Quantitative Discourse Cohesion Analysis of Scientific Scholarly Texts using Multilayer Networks
This work addresses the need for automated writing quality assessment in scientific texts, offering a tool for authors to enhance manuscript coherence, though it is incremental as it builds on existing cohesion analysis methods.
The study tackled the problem of analyzing discourse cohesion in scientific scholarly texts by developing a multilayer network representation and metrics to quantify writing quality, resulting in proposed metrics that correlate with existing cohesion indices and a framework (CHIAA) that provides authors with precise prescriptions for improving cohesion.

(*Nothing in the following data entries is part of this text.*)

/// Calls that aren't about holds take and release none, and after them files that are held have their words. It is the
/// same after two such calls. None of them, and no hold that is taken, lets a service go on that has stopped.
pub fn kept_holds()
    ensures read_block { (old new : MountState) (name k : ℕ) (before after : List ℕ)
        (result : Result (Unit {0}) FileFault) → ReadsBlock old name k before result new after
        → KeepsHolds old new }
    ensures hold { (old new : MountState) (name : ℕ) (result : Result ℕ FileFault)
        → HoldsFile old name result new
        → new.stopped ≡ old.stopped }
    ensures enter { (old new : MountState) (name wish : ℕ) (result : Result ℕ FileFault)
        → Enters old name wish result new → KeepsHolds old new }
    ensures write { (old new : MountState) (words : List ℕ) (result : Result (Unit {0}) FileFault)
        → WritesBlock old words result new → KeepsHolds old new }
    ensures close { (old new : MountState) (name : ℕ) (info : List ℕ) (result : Result (Unit {0}) FileFault)
        → ClosesFile old name info result new → KeepsHolds old new }
    ensures put { (old new : MountState) (name : ℕ) (words : List ℕ) (result : Result (Unit {0}) FileFault)
        → PutsFile old name words result new → KeepsHolds old new }
    ensures give_up { (old : MountState) → KeepsHolds old (WithoutNewFile old) }
    ensures delete { (old new : MountState) (name : ℕ) (result : Result (Unit {0}) FileFault)
        → DeletesFile old name result new → KeepsHolds old new }
    ensures squeeze_turn { (old new : MountState) (result : Result Squeezed FileFault) → Squeezes old result new
        → KeepsHolds old new }
    ensures both { (old mid new : MountState) → KeepsHolds old mid → KeepsHolds mid new → KeepsHolds old new }
{}

/// A hold that is taken and released leaves the holds as they were.
pub fn released_hold()
    ensures { (name : ℕ) (holds : List ℕ) → without_hold name (with_hold name holds) ≡ holds }
{}

/// How often a name is held: a hold that is taken adds one to its name alone, and one that is released takes one away from
/// it. The order in which two are taken makes no difference. A name is held where it stands among the holds at least once.
pub fn counted_holds()
    ensures taken { (name hold : ℕ) (holds : List ℕ) → times name (with_hold hold holds)
        ≡ times name (hold ∷ []) + times name holds }
    ensures released { (name hold : ℕ) (holds : List ℕ) → 1 ≤ times hold holds
        → times name (hold ∷ []) + times name (without_hold hold holds) ≡ times name holds }
    ensures order { (one two : ℕ) (holds : List ℕ) → with_hold one (with_hold two holds)
        ≡ with_hold two (with_hold one holds) }
    ensures held { (name : ℕ) (holds : List ℕ) → contains holds name ≡ nat_lt 0 (times name holds) }
{}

Discourse cohesion facilitates text comprehension and helps the reader form a coherent narrative. In this study, we aim to computationally analyze the discourse cohesion in scientific scholarly texts using multilayer network representation and quantify the writing quality of the document. Exploiting the hierarchical structure of scientific scholarly texts, we design section-level and document-level metrics to assess the extent of lexical cohesion in text. We use a publicly available dataset along with a curated set of contrasting examples to validate the proposed metrics by comparing them against select indices computed using existing cohesion analysis tools. We observe that the proposed metrics correlate as expected with the existing cohesion indices. We also present an analytical framework, CHIAA (CHeck It Again, Author), to provide pointers to the author for potential improvements in the manuscript with the help of the section-level and document-level metrics. The proposed CHIAA framework furnishes a clear and precise prescription to the author for improving writing by localizing regions in text with cohesion gaps. We demonstrate the efficacy of CHIAA framework using succinct examples from cohesion-deficient text excerpts in the experimental dataset.